To some ears, the difference in quality between our earlier and new models may be imperceptible. Then, there are times when the updates to our models are so great that we can both see and hear a huge difference.
Our team was proud to launch our new piano stems last month after seeing our models separate even cleaner stems with well-balanced tones across a wide range of pianos. From classical grand pianos to digital pianos, our piano isolations were able to capture clear highs across genres and performed well on expressive dynamics.
Optimizing AudioShake models for perceptual clarity
Not only did our latest piano model see a huge leap forward in separation performance, but we also made sure that the perceptual quality has improved significantly as well (here's a bit more about how we think about qualitative and quantitative measurement). Our team crafted a cutting-edge, deep-learning audio model specifically tuned to extract piano and through a fusion of new architectures and pristine clean piano performances could optimize perceptual clarity.
From the classic grand piano–with its majestic presence and rich, resonant tones–to the upright piano, which offers a more compact yet equally compelling sound, our piano model can tackle a wide spectrum of piano sounds.
Another big win for our team was seeing that these clean piano isolations could hold up when separating electronic or pop music. The improvements we made between AudioShake’s 2023 and 2024 stems open up cleaner separation for these genres.
Separating orchestral compositions for AudioLabs Research
We also shared our new models with the team over at AudioLabs (a joint institution of Fraunhofer IIS and Friedrich-Alexander-Universität Erlangen-Nürnberg), who investigated a specific source separation problem by considering recordings of piano concertos - an important genre of classical Western music that has not yet been addressed in the source separation context. The source separation problem involves separating the piano part and the orchestra as if they were recorded in isolation.
“It's remarkable to witness the substantial advancements that deep learning has brought to audio source separation, even in challenging scenarios. During our piano concerto experiments, I was deeply impressed by the performance of the AudioShake system, especially considering that it had never been trained on this type of data before.” – Meinard Müller, professor for Semantic Audio Processing at the International Audio Laboratories Erlangen, Germany
Unlike popular music separation, this scenario presents additional hurdles. First, there is a potential for a significant overlap between the piano and the orchestra in both time and frequency due to shared rhythmic patterns and harmonically related notes. In many cases, the piano and the orchestra even play in unison.
Second, for classical music in general, there are hardly any multitrack recordings available for training, mainly due to the different production processes in classical music, requiring a close interaction between the various musicians when performing. Third, the reconstruction of the sound sources for many different instruments in the orchestra is challenging.

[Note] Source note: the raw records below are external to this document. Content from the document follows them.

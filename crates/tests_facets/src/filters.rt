use crate::checks::{check, set, word};
use crate::facets::table;
use crate::sorts::{gone, index, is, standing};
use doc_sets::DocSet;
use filter_sets::{Facets, select};
use filter_tree::{Filter, Test};
use leaf_table::LeafTable;
use std::alloc::Global;
use std::process::Abort;

// A test of an attribute.
fn test(rt: &impl Abort, alloc: Global, attribute: &str, test: Test) -> Filter {
    Filter::Test {
        attribute: word(rt, alloc, attribute),
        test,
    }
}

fn not(rt: &impl Abort, alloc: Global, filter: Filter) -> Filter {
    Filter::Not(Box::new(alloc, filter).expect(rt, "memory"))
}

fn equal(rt: &impl Abort, alloc: Global, text: &str) -> Test {
    Test::Equal(word(rt, alloc, text))
}

// The leaves of the four documents, after the fifth.
fn leaves(rt: &impl Abort, alloc: Global) -> LeafTable {
    table(rt, alloc, &gone(rt, alloc), &standing(rt, alloc))
}

// Of the documents of a set the others are those that were not found.
fn check_others(rt: &impl Abort, all: &DocSet, found: &DocSet, others: &DocSet) {
    let left = all.len().checked_sub(found.len());
    check(rt, left == Some(others.len()), "all others");
    check(rt, left == Some(others.and_len(all)), "others of all");
    check(rt, others.and_len(found) == 0, "in both");
}

#[test]
fn filters_select_documents(rt: HostRuntime) {
    let alloc = rt.alloc();
    let (index, leaves) = (index(&rt, alloc), leaves(&rt, alloc));
    let facets = Facets {
        index: &index,
        leaves: &leaves,
    };
    let paths = [word(&rt, alloc, "year"), word(&rt, alloc, "genres")];
    let all = set(&rt, alloc, &[0, 1, 2, 3]);
    let some = set(&rt, alloc, &[1, 2]);
    let texts = Vec::from_array(alloc, [word(&rt, alloc, "2005"), word(&rt, alloc, "2012")]);
    let texts = texts.expect(&rt, "memory");
    // A filter, the documents of all that pass it, and those of 1 and 2. The others pass its negation.
    for (filter, ids, inside) in [
        (Filter::All, [0, 1, 2, 3].as_slice(), [1, 2].as_slice()),
        (
            test(&rt, alloc, "genres", equal(&rt, alloc, "Drama")),
            [0, 3].as_slice(),
            [].as_slice(),
        ),
        (
            test(&rt, alloc, "year", equal(&rt, alloc, "2002")),
            [3].as_slice(),
            [].as_slice(),
        ),
        (
            test(&rt, alloc, "year", Test::Above(2002)),
            [0, 1].as_slice(),
            [1].as_slice(),
        ),
        (
            test(&rt, alloc, "year", Test::AtLeast(2002)),
            [0, 1, 3].as_slice(),
            [1].as_slice(),
        ),
        (
            test(&rt, alloc, "year", Test::Below(2002)),
            [0].as_slice(),
            [].as_slice(),
        ),
        (
            test(&rt, alloc, "year", Test::AtMost(2002)),
            [0, 3].as_slice(),
            [].as_slice(),
        ),
        (
            test(&rt, alloc, "year", Test::Between(2000, 2010)),
            [1, 3].as_slice(),
            [1].as_slice(),
        ),
        (
            test(&rt, alloc, "year", Test::AtMost(-3)),
            [].as_slice(),
            [].as_slice(),
        ),
        (
            test(&rt, alloc, "year", Test::Between(i128::MIN, i128::MAX)),
            [0, 1, 3].as_slice(),
            [1].as_slice(),
        ),
        (
            test(&rt, alloc, "year", Test::OneOf(texts)),
            [0, 1].as_slice(),
            [1].as_slice(),
        ),
        (
            test(&rt, alloc, "genres", Test::Exists),
            [0, 1, 3].as_slice(),
            [1].as_slice(),
        ),
        (
            test(&rt, alloc, "genres", Test::Null),
            [2].as_slice(),
            [2].as_slice(),
        ),
        (
            test(&rt, alloc, "genres", Test::Empty),
            [1].as_slice(),
            [1].as_slice(),
        ),
        (
            test(&rt, alloc, "title", Test::Exists),
            [].as_slice(),
            [].as_slice(),
        ),
        (
            not(&rt, alloc, test(&rt, alloc, "year", Test::AtLeast(2002))),
            [2].as_slice(),
            [2].as_slice(),
        ),
    ] {
        let docs = select(alloc, &facets, &filter, paths.as_slice(), &all).expect(&rt, "memory");
        assert!(rt; is(&docs, ids));
        let few = select(alloc, &facets, &filter, paths.as_slice(), &some).expect(&rt, "memory");
        assert!(rt; is(&few, inside));
        let filter = not(&rt, alloc, filter);
        for (universe, found) in [(&all, &docs), (&some, &few)] {
            let others = select(alloc, &facets, &filter, paths.as_slice(), universe);
            check_others(&rt, universe, found, &others.expect(&rt, "memory"));
        }
    }
}

#[test]
fn filters_of_filters(rt: HostRuntime) {
    let alloc = rt.alloc();
    let (index, leaves) = (index(&rt, alloc), leaves(&rt, alloc));
    let facets = Facets {
        index: &index,
        leaves: &leaves,
    };
    let paths = [word(&rt, alloc, "year"), word(&rt, alloc, "genres")];
    let all = set(&rt, alloc, &[0, 1, 2, 3]);
    for (each, ids) in [(true, [3].as_slice()), (false, [0, 2, 3].as_slice())] {
        let members = Vec::from_array(
            alloc,
            [
                test(&rt, alloc, "genres", equal(&rt, alloc, "drama")),
                not(&rt, alloc, test(&rt, alloc, "year", Test::Above(2002))),
            ],
        )
        .expect(&rt, "memory");
        let filter = if each {
            Filter::And(members)
        } else {
            Filter::Or(members)
        };
        let docs = select(alloc, &facets, &filter, paths.as_slice(), &all).expect(&rt, "memory");
        assert!(rt; is(&docs, ids));
    }
    let mut deep = test(&rt, alloc, "year", Test::Exists);
    for _ in 0..200_u32 {
        deep = not(&rt, alloc, deep);
    }
    let docs = select(alloc, &facets, &deep, paths.as_slice(), &all).expect(&rt, "memory");
    assert!(rt; is(&docs, &[0, 1, 3]));
}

For evaluation purposes, AudioLabs developed a high-quality dataset containing separate piano tracks overlaid with existing orchestral tracks, sourced from the music producer MMO (music minus one). This dataset enables a realistic assessment of source separation systems.
Harnessing AudioShake for the isolations, AudioLabs found that our models yielded the highest quality stems, encompassing both the piano and residual instruments representing the orchestra.